[Sca-cooks] Re: Reply on Filo/baklava was Around the Mediterranean...

johnna holloway johnna at sitka.engin.umich.edu
Wed Apr 24 07:04:54 PDT 2002


Greetings from Johnnae llyn Lewis

On Sun, 21 Apr 2002 I posted a note
saying that there was a neat article
 at Slow Food on the subject of filo dough at
 http://www.slowfood.com/Slowfood_UpLoad/Riviste/SLOW/EN/23/phylo.html.
The reason I thought this was a neat article
was that it showed photos and described the traditional process
of making phylo dough by hand which is becoming a lost art.
(My great grandmother could roll noodles thin enough to read
a newspaper through. I don't have that touch. Few do these days.)
It also mentioned the work of Charles Perry.

Huette von Ahrens then posted on Mon, 22 Apr 2002 :>
> > Interesting.  Because Charles Perry in his entry on
> > filo doesn't exactly say that.  He traces filo back to
> > the kitchens of the Topkopi in Istambul [late 16th
> > century], but states that baklava predates filo.  He
> > traces baklava back to Azerbaijan, but states that
> > they used thin pancakes or thinly sliced bread.
> >
> > This is why you should be very very careful of web
> > sites.  This website in this case is giving
> > mis-information.> >
> > Huette

------------
Quite frankly I didn't see the problem with article that
Huette did and I did not ever remember reading that "thin
pancakes or thinly slicely breads" were used. I clearly
remembered that his earlier papers were connected with how
the doughs for Persian pasta and noodles were transformed
over time, so I started a scholarly investigation.
I reread Huette's post, I reread The Slow Food article
carefully and then I read the Oxford Companion to Food entries
on "filo" and "baklava" which Charles Perry wrote for that work.
Having followed his work beginning with its first appearance in
PPC back in 1980,  I then reread all the various PPC issues
that contained his various articles on this subject to date;
also I reread his Oxford Conference papers on the subject that
he has written through the years. I also reread his paper "The
Taste for Layered Bread among the Nomadic Turks and the Central
Asian Origins of Baklava" which was originally given at a 1992
conference and then rewritten for publication in the volume
edited by Zubaida and Tapper as Culinary Cultures of the Middle East.

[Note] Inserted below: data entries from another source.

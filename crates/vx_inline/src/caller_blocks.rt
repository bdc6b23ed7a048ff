// The blocks of a caller with the callee in place of the call. They stay in their places of memory.

ghost use Rattle.std.specs.Prelude.{◌≡◌, ◌++◌, true, IfOk};
ghost use Rattle.std.specs.List.{filter};
ghost use Rattle.vx_flow.specs.declared.graph.Exit.TheVariants.{Goto};
ghost use Rattle.vx_inline.specs.Inlined.{is_plain, moved, stayed};
ghost use Rattle.vx_inline.specs.Inlining.{linked_by};
ghost use Rattle.vx_inline.specs.Placing.{place_in};
ghost use Rattle.vx_inline.specs.Splicing.{placed_block, placed_from, with_joint};

use crate::edge_blocks::{critical, linked};
use crate::joint::Joint;
use crate::places::{Places, is_plain, place_of};
use crate::splice::moved;
use std::alloc::Global;
use std::mem::replace;
use vx_base::listed::Listed;
use vx_base::outcome::NoMemory;
use vx_base::sizes::sum;
use vx_flow::graph::{Block, BlockId, Exit, Op};

/// The blocks of a caller with all that comes into it.
pub(crate) fn with_joint(
    alloc: Global,
    blocks: Listed<Block>,
    joint: Joint,
    site: BlockId,
) -> Result<Listed<Block>, NoMemory>
    ensures { IfOk result (λ new. new ≡ with_joint joint site blocks) }
{
    let mut new = placed(blocks, &joint, site)?;
    let Joint {
        at,
        moves,
        first: _,
        more,
        all,
    } = joint;
    drop(at);
    drop(moves);
    push_all(&mut new, more)?;
    linked_all(alloc, all, new)
}

/// With blocks for edges.
fn linked_all(alloc: Global, all: u32, blocks: Listed<Block>) -> Result<Listed<Block>, NoMemory>
    ensures { IfOk result (λ new. new ≡ linked_by all blocks) }
{
    let _count = blocks.len();
    let edges = critical(alloc, blocks.as_slice())?;
    linked(alloc, all, &edges, blocks)
}

fn push_all(blocks: &mut Listed<Block>, more: Listed<Block>) -> Result<(), NoMemory>
    ensures { IfOk result (λ _. blocks.new ≡ blocks.old ++ more) }
{
    for block in more.into_vec() {
        blocks.push(block)?;
    }
    Ok(())
}

/// The blocks of the caller that are no trap blocks, where they stand.
fn placed(blocks: Listed<Block>, joint: &Joint, site: BlockId) -> Result<Listed<Block>, NoMemory>
    ensures { IfOk result (λ new. new ≡ filter is_plain (placed_from joint.now site 0 blocks)) }
{
    let mut own = blocks.into_vec();
    place_all(&mut own, joint, site)?;
    keep_plain(&mut own);
    Ok(Listed::from_vec(own)?)
}

/// The same blocks without trap blocks.
fn keep_plain(blocks: &mut Vec<Block>)
    ensures { blocks.new.items ≡ filter is_plain blocks.old.items }
{
    blocks.retain(|block| is_plain(block));
}

/// Leads the blocks of the caller on to where others stand now; all of them stay where they are.
#[tactic(auto, using(crate::proofs::Joints::placed_next, crate::proofs::Joints::placed_last))]
fn place_all(blocks: &mut Vec<Block>, joint: &Joint, site: BlockId) -> Result<(), NoMemory>
    ensures { IfOk result (λ _. blocks.new.items ≡ placed_from joint.now site 0 blocks.old.items) }
{
    let mut place = 0;
    for block in blocks.iter_mut() {
        place_block(block, joint, site, place)?;
        place = sum(place, 1)?;
    }
    Ok(())
}

fn place_block(block: &mut Block, joint: &Joint, site: BlockId, place: u32) -> Result<(), NoMemory>
    ensures { IfOk result (λ _. block.new ≡ placed_block joint.now site place block.old) }
{
    if place == site {
        enter(block, joint)
    } else {
        stay(block, &joint.at);
        Ok(())
    }
}

/// A block of the caller. Most of them lead to blocks that stay where they are.
fn stay(block: &mut Block, at: &Places)
    ensures { block.new ≡ stayed (place_in at.now) block.old }
{
    if !is_kept(at, &block.exit) {
        let exit = replace(&mut block.exit, Exit::Goto(0));
        block.exit = moved(at, exit);
    }
}

/// Whether all blocks to which an exit leads stay where they are.
fn is_kept(at: &Places, exit: &Exit) -> bool
    ensures { result ≡ true → moved (place_in at.now) exit.now ≡ exit.now }
{
    match exit {
        Exit::Goto(next) => place_of(at, *next) == *next,
        Exit::Split { yes, no, .. } => place_of(at, *yes) == *yes && place_of(at, *no) == *no,
        Exit::Call { next, .. } => place_of(at, *next) == *next,
        Exit::Return(_) => true,
        Exit::Ends(_) => true,
    }
}

/// The block that called: a move for each argument, and on to the copy of the callee's entry.
fn enter(block: &mut Block, joint: &Joint) -> Result<(), NoMemory>
    ensures { IfOk result (λ _. block.new ≡ record { ops = block.old.ops ++ joint.now.moves; exit = Goto joint.now.first }) }
{
    push_ops(&mut block.ops, joint.moves.as_slice())?;
    block.exit = Exit::Goto(joint.first);
    Ok(())
}

fn push_ops(ops: &mut Listed<Op>, more: &[Op]) -> Result<(), NoMemory>
    ensures { IfOk result (λ _. ops.new ≡ ops.old ++ more.now) }
{
    for op in more {
        ops.push(*op)?;
    }
    Ok(())
}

Having reread all this material, I then wrote to Charles Perry and
asked him the following two questions:

>"Does the Slow Food article misrepresent your work and do
>you really feel that they used "thin pancakes or thinly
>sliced bread" to make the archaic form of baklava that
>was made in Azerbaijan?"
>
>He wrote back yesterday and said:
>
>"Dear Johanna,
>        I don't think that Aglaia misrepresents my position,
though she's reluctant, like most Greeks, to give the Turks any credit
for inventing filo. "

As for the question regarding whether or not
 as Huette wrote "the primitive Azerbaijani baklava is made from "thin
pancakes or thinly sliced bread,"
he replied that this was a mistake  in that
" It is made from thin sheets of
stiffly kneaded dough; as you say, much like noodle paste."

I didn't ask for permission to quote the rest of his letter
including the more detailed discussion and I won't do so here. Most
of his points are clearly laid out in the Culinary Cultures paper.
There he states that there were thin doughs (although not paper thin)
being used prior to the development of filo in the Topkapi Palace
kitchens. The archaic form of baklava called  Baki pakhlavasi
that was made by the Azabayjanis was a layered pastry of 15 layers,
consisting of 8  noodle thick dough layers with 7 of nut filling.
The Ottoman kitchens combined their skills with this archaic dish
and came up with the paper thin dough now known as filo
and this has led in turn to modern baklava.

Hope this helps clear up some of the questions.